▶ What is needed: Repeat all entries below exactly as shown.

▶ Data under study:
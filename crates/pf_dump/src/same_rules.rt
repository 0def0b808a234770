//! Whether rules are the same.

ghost use Rattle.std.specs.Prelude.{◌≡◌, true, map};
ghost use Rattle.pf_rules.specs.Seen.{rule_of, heading_of};
ghost use Rattle.pf_config.specs.Map.{path_eq};

use crate::same_parts::{same_flag_test, same_host, same_interface};
use pf_rules::{AnchorHeading, Conditions, InterfaceName, Item, Name, Rule};

/// Whether two lists have the same names in one order.
pub(crate) fn same_names(a: &[Name], b: &[Name]) -> bool
    ensures value { result ≡ path_eq a.now b.now }
    ensures same { result ≡ true → a.now ≡ b.now }
    ensures back { a.now ≡ b.now → result ≡ true }
{
    a == b
}

/// Whether two lists name the same interfaces in one order.
pub(crate) fn same_interfaces(a: &[InterfaceName], b: &[InterfaceName]) -> bool
    ensures same { result ≡ true → a.now ≡ b.now }
    ensures back { a.now ≡ b.now → result ≡ true }
{
    a == b
}

/// Whether the same packets are meant by hosts and ports.
fn same_ends(a: &Conditions, b: &Conditions) -> bool
    ensures source { result ≡ true → a.now.source ≡ b.now.source }
    ensures source_port { result ≡ true → a.now.source_port ≡ b.now.source_port }
    ensures destination { result ≡ true → a.now.destination ≡ b.now.destination }
    ensures destination_port { result ≡ true → a.now.destination_port ≡ b.now.destination_port }
    ensures back { a.now.source ≡ b.now.source →
        a.now.source_port ≡ b.now.source_port →
        a.now.destination ≡ b.now.destination →
        a.now.destination_port ≡ b.now.destination_port → result ≡ true }
{
    same_host(&a.source, &b.source)
        && same_host(&a.destination, &b.destination)
        && a.source_port == b.source_port
        && a.destination_port == b.destination_port
}

/// The same by the other conditions.
fn same_others(a: &Conditions, b: &Conditions) -> bool
    ensures direction { result ≡ true → a.now.direction ≡ b.now.direction }
    ensures interface { result ≡ true → a.now.interface ≡ b.now.interface }
    ensures family { result ≡ true → a.now.family ≡ b.now.family }
    ensures protocol { result ≡ true → a.now.protocol ≡ b.now.protocol }
    ensures flags { result ≡ true → a.now.flags ≡ b.now.flags }
    ensures icmp_type { result ≡ true → a.now.icmp_type ≡ b.now.icmp_type }
    ensures back { a.now.direction ≡ b.now.direction →
        a.now.interface ≡ b.now.interface →
        a.now.family ≡ b.now.family →
        a.now.protocol ≡ b.now.protocol →
        a.now.flags ≡ b.now.flags →
        a.now.icmp_type ≡ b.now.icmp_type → result ≡ true }
{
    same_interface(&a.interface, &b.interface)
        && a.direction == b.direction
        && a.family == b.family
        && a.protocol == b.protocol
        && same_flag_test(a.flags, b.flags)
        && a.icmp_type == b.icmp_type
}

/// Whether two conditions are written in the same way.
fn same_conditions(a: &Conditions, b: &Conditions) -> bool
    ensures same { result ≡ true → a.now ≡ b.now }
    ensures back { a.now ≡ b.now → result ≡ true }
{
    same_ends(a, b) && same_others(a, b)
}

/// Whether two filter rules are the same.
fn same_rule(a: &Rule, b: &Rule) -> bool
    ensures same { result ≡ true → a.now ≡ b.now }
    ensures back { a.now ≡ b.now → result ≡ true }
{
    a.action == b.action
        && a.quick == b.quick
        && a.keeps_state == b.keeps_state
        && same_conditions(&a.conditions, &b.conditions)
}

/// Whether two anchor rules are the same, whatever blocks they have.
fn same_heading(a: &AnchorHeading, b: &AnchorHeading) -> bool
    ensures same { result ≡ true → heading_of a.now ≡ heading_of b.now }
    ensures back { heading_of a.now ≡ heading_of b.now → result ≡ true }
{
    a.quick == b.quick
        && a.target.children == b.target.children
        && same_names(&a.target.names, &b.target.names)
        && same_conditions(&a.conditions, &b.conditions)
}

/// Whether two rules are the same, whatever blocks they carry.
#[tactic(auto, using(crate::proofs::Items::same_filters, crate::proofs::Items::same_anchors))]
fn same_item(a: &Item, b: &Item) -> bool
    ensures same { result ≡ true → rule_of a.now ≡ rule_of b.now }
    ensures back { rule_of a.now ≡ rule_of b.now → result ≡ true }
{
    match (a, b) {
        (Item::Filter(a), Item::Filter(b)) => same_rule(a, b),
        (Item::Anchor(a), Item::Anchor(b)) => same_heading(&a.heading, &b.heading),
        _ => false,
    }
}

/// Whether two lists of rules are the same, whatever blocks they carry.
pub(crate) fn same_items(a: &[Item], b: &[Item]) -> bool
    ensures same { result ≡ true → map rule_of a.now ≡ map rule_of b.now }
    ensures back { map rule_of a.now ≡ map rule_of b.now → result ≡ true }
{
    let mut left = a;
    let mut right = b;
    while let [x, xs @ ..] = left {
        let [y, ys @ ..] = right else {
            return false;
        };
        if !same_item(x, y) {
            return false;
        }
        left = xs;
        right = ys;
    }
    right.is_empty()
}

▶ Finished task:
filename crates/pf_dump/src/same_rules.rt
repository 0def0b808a234770
//! Whether rules are the same.

ghost use Rattle.std.specs.Prelude.{◌≡◌, true, map};
ghost use Rattle.pf_rules.specs.Seen.{rule_of, heading_of};
ghost use Rattle.pf_config.specs.Map.{path_eq};

use crate::same_parts::{same_flag_test, same_host, same_interface};
use pf_rules::{AnchorHeading, Conditions, InterfaceName, Item, Name, Rule};

/// Whether two lists have the same names in one order.
pub(crate) fn same_names(a: &[Name], b: &[Name]) -> bool
    ensures value { result ≡ path_eq a.now b.now }
    ensures same { result ≡ true → a.now ≡ b.now }
    ensures back { a.now ≡ b.now → result ≡ true }
{
    a == b
}

/// Whether two lists name the same interfaces in one order.
pub(crate) fn same_interfaces(a: &[InterfaceName], b: &[InterfaceName]) -> bool
    ensures same { result ≡ true → a.now ≡ b.now }
    ensures back { a.now ≡ b.now → result ≡ true }
{
    a == b
}

/// Whether the same packets are meant by hosts and ports.
fn same_ends(a: &Conditions, b: &Conditions) -> bool
    ensures source { result ≡ true → a.now.source ≡ b.now.source }
    ensures source_port { result ≡ true → a.now.source_port ≡ b.now.source_port }
    ensures destination { result ≡ true → a.now.destination ≡ b.now.destination }
    ensures destination_port { result ≡ true → a.now.destination_port ≡ b.now.destination_port }
    ensures back { a.now.source ≡ b.now.source →
        a.now.source_port ≡ b.now.source_port →
        a.now.destination ≡ b.now.destination →
        a.now.destination_port ≡ b.now.destination_port → result ≡ true }
{
    same_host(&a.source, &b.source)
        && same_host(&a.destination, &b.destination)
        && a.source_port == b.source_port
        && a.destination_port == b.destination_port
}

/// The same by the other conditions.
fn same_others(a: &Conditions, b: &Conditions) -> bool
    ensures direction { result ≡ true → a.now.direction ≡ b.now.direction }
    ensures interface { result ≡ true → a.now.interface ≡ b.now.interface }
    ensures family { result ≡ true → a.now.family ≡ b.now.family }
    ensures protocol { result ≡ true → a.now.protocol ≡ b.now.protocol }
    ensures flags { result ≡ true → a.now.flags ≡ b.now.flags }
    ensures icmp_type { result ≡ true → a.now.icmp_type ≡ b.now.icmp_type }
    ensures back { a.now.direction ≡ b.now.direction →
        a.now.interface ≡ b.now.interface →
        a.now.family ≡ b.now.family →
        a.now.protocol ≡ b.now.protocol →
        a.now.flags ≡ b.now.flags →
        a.now.icmp_type ≡ b.now.icmp_type → result ≡ true }
{
    same_interface(&a.interface, &b.interface)
        && a.direction == b.direction
        && a.family == b.family
        && a.protocol == b.protocol
        && same_flag_test(a.flags, b.flags)
        && a.icmp_type == b.icmp_type
}

/// Whether two conditions are written in the same way.
fn same_conditions(a: &Conditions, b: &Conditions) -> bool
    ensures same { result ≡ true → a.now ≡ b.now }
    ensures back { a.now ≡ b.now → result ≡ true }
{
    same_ends(a, b) && same_others(a, b)
}

/// Whether two filter rules are the same.
fn same_rule(a: &Rule, b: &Rule) -> bool
    ensures same { result ≡ true → a.now ≡ b.now }
    ensures back { a.now ≡ b.now → result ≡ true }
{
    a.action == b.action
        && a.quick == b.quick
        && a.keeps_state == b.keeps_state
        && same_conditions(&a.conditions, &b.conditions)
}

/// Whether two anchor rules are the same, whatever blocks they have.
fn same_heading(a: &AnchorHeading, b: &AnchorHeading) -> bool
    ensures same { result ≡ true → heading_of a.now ≡ heading_of b.now }
    ensures back { heading_of a.now ≡ heading_of b.now → result ≡ true }
{
    a.quick == b.quick
        && a.target.children == b.target.children
        && same_names(&a.target.names, &b.target.names)
        && same_conditions(&a.conditions, &b.conditions)
}

/// Whether two rules are the same, whatever blocks they carry.
#[tactic(auto, using(crate::proofs::Items::same_filters, crate::proofs::Items::same_anchors))]
fn same_item(a: &Item, b: &Item) -> bool
    ensures same { result ≡ true → rule_of a.now ≡ rule_of b.now }
    ensures back { rule_of a.now ≡ rule_of b.now → result ≡ true }
{
    match (a, b) {
        (Item::Filter(a), Item::Filter(b)) => same_rule(a, b),
        (Item::Anchor(a), Item::Anchor(b)) => same_heading(&a.heading, &b.heading),
        _ => false,
    }
}

/// Whether two lists of rules are the same, whatever blocks they carry.
pub(crate) fn same_items(a: &[Item], b: &[Item]) -> bool
    ensures same { result ≡ true → map rule_of a.now ≡ map rule_of b.now }
    ensures back { map rule_of a.now ≡ map rule_of b.now → result ≡ true }
{
    let mut left = a;
    let mut right = b;
    while let [x, xs @ ..] = left {
        let [y, ys @ ..] = right else {
            return false;
        };
        if !same_item(x, y) {
            return false;
        }
        left = xs;
        right = ys;
    }
    right.is_empty()
}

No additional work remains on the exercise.